# AMSOIL



## RITTER (Mar 6, 2009)

Anybody use Amsoil in there VR6? I have 170,000 miles on my VR6 and I am thinking about switching over the full synthetic and if I am going to switch then I would like to use Amsoil.


----------



## rracerguy717 (Apr 8, 2003)

*Re: AMSOIL (RITTER)*


_Quote, originally posted by *RITTER* »_Anybody use Amsoil in there VR6? I have 170,000 miles on my VR6 and I am thinking about switching over the full synthetic and if I am going to switch then I would like to use Amsoil.
 
Go with 15-50 M-1 been running it in my daughters SLC VR corrado for 5+ years 45K plus miles she put on it and its @ 115K and the motor is quiet as a mouse on the original chain and guides . 
The car was on synthetic from the previous / original owner .







Bob.G
P.S. Stay away from Amsoil IMO . 
Ive heard and seen first hand too many bad experiences causing major problems .


----------



## saaber2 (Jul 15, 2008)

*Re: AMSOIL (rracerguy717)*


_Quote, originally posted by *rracerguy717* »_ 
P.S. Stay away from Amsoil IMO . 
Ive heard and seen first hand too many bad experiences causing major problems .
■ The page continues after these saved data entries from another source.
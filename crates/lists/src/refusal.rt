ghost use Rattle.std.specs.Prelude.{◌≡◌, ◌++◌, Some, codes, decimal};
ghost use Rattle.lists.specs.Refusals.{number_of};

use std::error::Error;
use std::fmt;

// Why a call was refused: one case for each condition that a call checks.
#[derive(Clone, Copy, PartialEq, Eq, Debug)]
pub enum Refusal {
    // The place is not in the list, or the bucket and the place make no position.
    NoSuchPlace = 12,
    // The list has no place left.
    NoRoom = 14,
}

// The number by which the formats name the refusal.
impl From<Refusal> for u32 {
    ghost from_gives = { λ refusal number. number ≡ number_of refusal };

    fn from(refusal: Refusal) -> u32 {
        refusal as u32
    }
}

impl fmt::Display for Refusal {
    ghost output = { λ refusal. Some (codes "no " ++ decimal (number_of refusal)) };

    fn fmt<W: fmt::Write>(&self, f: &mut fmt::Formatter<W>) -> fmt::Result {
        write!(f, "no {}", u32::from(*self))
    }
}

impl Error for Refusal {}
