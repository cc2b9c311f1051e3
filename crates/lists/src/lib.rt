// Dense lists, the position of a contact in its bucket's list, and why a call is refused.
#![tactic(auto)]

pub mod dense;
pub mod dense_list;
pub mod refusal;
pub mod solver_contact_graph;
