// The work on a dense list, over places and a length: the list stands in the first `len` places.
// It serves `DenseList` and the tray's buckets, and can serve a list in a part of a larger table, whose
// length lies elsewhere: a struct that borrows the part cannot, since its maker's proof does not know
// what was written there. Writes are a test and an index, and no `get_mut`: after that a proof knows
// none of the elements.
ghost use Rattle.std.specs.Prelude.{◌≡◌, ◌+◌, ◌-◌, [], ◌∷◌, ◌++◌, length, take, if◌then◌else◌, nat_lt, Ok, Err, OnOk, OnErr, slice_set};
ghost use Rattle.std.specs.List.{slice_get};
ghost use Rattle.lists.specs.Dense.{has_place, last_into_gap, GapFilled};
ghost use Rattle.lists.specs.declared.refusal.Refusal.TheVariants.{NoSuchPlace, NoRoom};

use crate::refusal::Refusal;

// The element at `at`, or none past the end. By the slice's `get`, and not by an iterator's `nth`, which
// is a loop and takes twice the time.
pub fn get_at<T: Copy>(places: &[T], len: usize, at: usize) -> Option<T>
    ensures { result ≡ slice_get (take len places.now) at }
{
    places[..len.min(places.len())].get(at).copied()
}

// Puts `x` at the end, and answers the new length.
pub fn push_at<T: Copy>(places: &mut [T], len: usize, x: T) -> Result<usize, Refusal>
    ensures answer { result ≡ (if nat_lt len (length places.old) then Ok (len + 1) else Err NoRoom) }
    ensures list { OnOk result (take (len + 1) places.new ≡ take len places.old ++ x ∷ []) }
    ensures refused { OnErr result (places.new ≡ places.old) }
{
    if len >= places.len() {
        return Err(Refusal::NoRoom);
    }
    places[len] = x;
    Ok(len + 1)
}

// Takes out the element at `at`: the last one moves into the gap, and is answered unless it was the
// one taken out.
#[tactic(auto, using(crate::proofs::Gaps::gap_filled, crate::proofs::Gaps::last_cut, crate::proofs::Gaps::gap_law))]
pub fn remove_at<T: Copy>(places: &mut [T], len: usize, at: usize) -> Result<Option<T>, Refusal>
    ensures answer { result ≡ (if has_place places.old len at then Ok (slice_get (take (len - 1) places.new) at) else Err NoSuchPlace) }
    ensures list { OnOk result (take (len - 1) places.new ≡ last_into_gap (take len places.old) at) }
    ensures law { OnOk result (GapFilled (take len places.old) at (take (len - 1) places.new)) }
    ensures refused { OnErr result (places.new ≡ places.old) }
{
    if at >= len || len > places.len() {
        return Err(Refusal::NoSuchPlace);
    }
    let last = len - 1;
    if at == last {
        return Ok(None);
    }
    let moved = places[last];
    places[at] = moved;
    Ok(Some(moved))
}

// Writes `x` over the element at `at`.
#[tactic(auto, using(crate::proofs::Gaps::front_steps))]
pub fn set_at<T: Copy>(places: &mut [T], len: usize, at: usize, x: T) -> Result<(), Refusal>
    ensures answer { result ≡ (if has_place places.old len at then Ok tt else Err NoSuchPlace) }
    ensures list { OnOk result (take len places.new ≡ slice_set (take len places.old) at x) }
    ensures refused { OnErr result (places.new ≡ places.old) }
{
    if at >= len || len > places.len() {
        return Err(Refusal::NoSuchPlace);
    }
    places[at] = x;
    Ok(())
}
Really? Can you give specific examples please? I would like ot know about that. Amsoil is one of the highest end oils out there.


----------



## rracerguy717 (Apr 8, 2003)

*Re: AMSOIL (saaber2)*


_Quote, originally posted by *saaber2* »_
Really? Can you give specific examples please? I would like ot know about that. Amsoil is one of the highest end oils out there.
 
1) My nephew ran m-1 in his c-5 vette and then decided to try Amsoil did a fresh oil change and filter and then took it on a trip to Florida it burned 4 qts . Before this it never used ANY oil between oil changes. He changed back to M-1 and has not burned a drop like before using Amsoil. 
2) Engine builder that I know that builds only VW race engines and has built many try Amsoil in one of his engines after just a few laps the motor seized up. This is the one and only Engine failure the builder has ever had during 10 plus years of building them .


----------



## nutz4vws (Jul 24, 2003)

*Re: AMSOIL (rracerguy717)*

I have been running AMSOIL in my 97 GTI VR6 for almost 30,000 miles and love it. I currently have just shy of 160,000 miles.


----------



## littlecjetta94 (Nov 8, 2008)

*Re: AMSOIL (nutz4vws)*

im running amsoil in my 98 2.0 and love it and its the number one selling synthic oil that we selling where i work. alot of vw drives use it with no problem.


----------



## silverstoned83 (Feb 16, 2009)

*Re: AMSOIL (rracerguy717)*


_Quote, originally posted by *rracerguy717* »_ P.S. Stay away from Amsoil IMO . 
Ive heard and seen first hand too many bad experiences causing major problems .


I'd have to disagree.
I've been using Amsoil's 5w-40 European Car Formula since 10k miles and she now has just over 100k miles. I didn't make the switch to drive like a grandma either...


----------



## rajvosa71000 (Jun 9, 2004)

*Re: AMSOIL (silverstoned83)*


_Quote, originally posted by *silverstoned83* »_
I'd have to disagree.
I've been using Amsoil's 5w-40 European Car Formula since 10k miles and she now has just over 100k miles. I didn't make the switch to drive like a grandma either...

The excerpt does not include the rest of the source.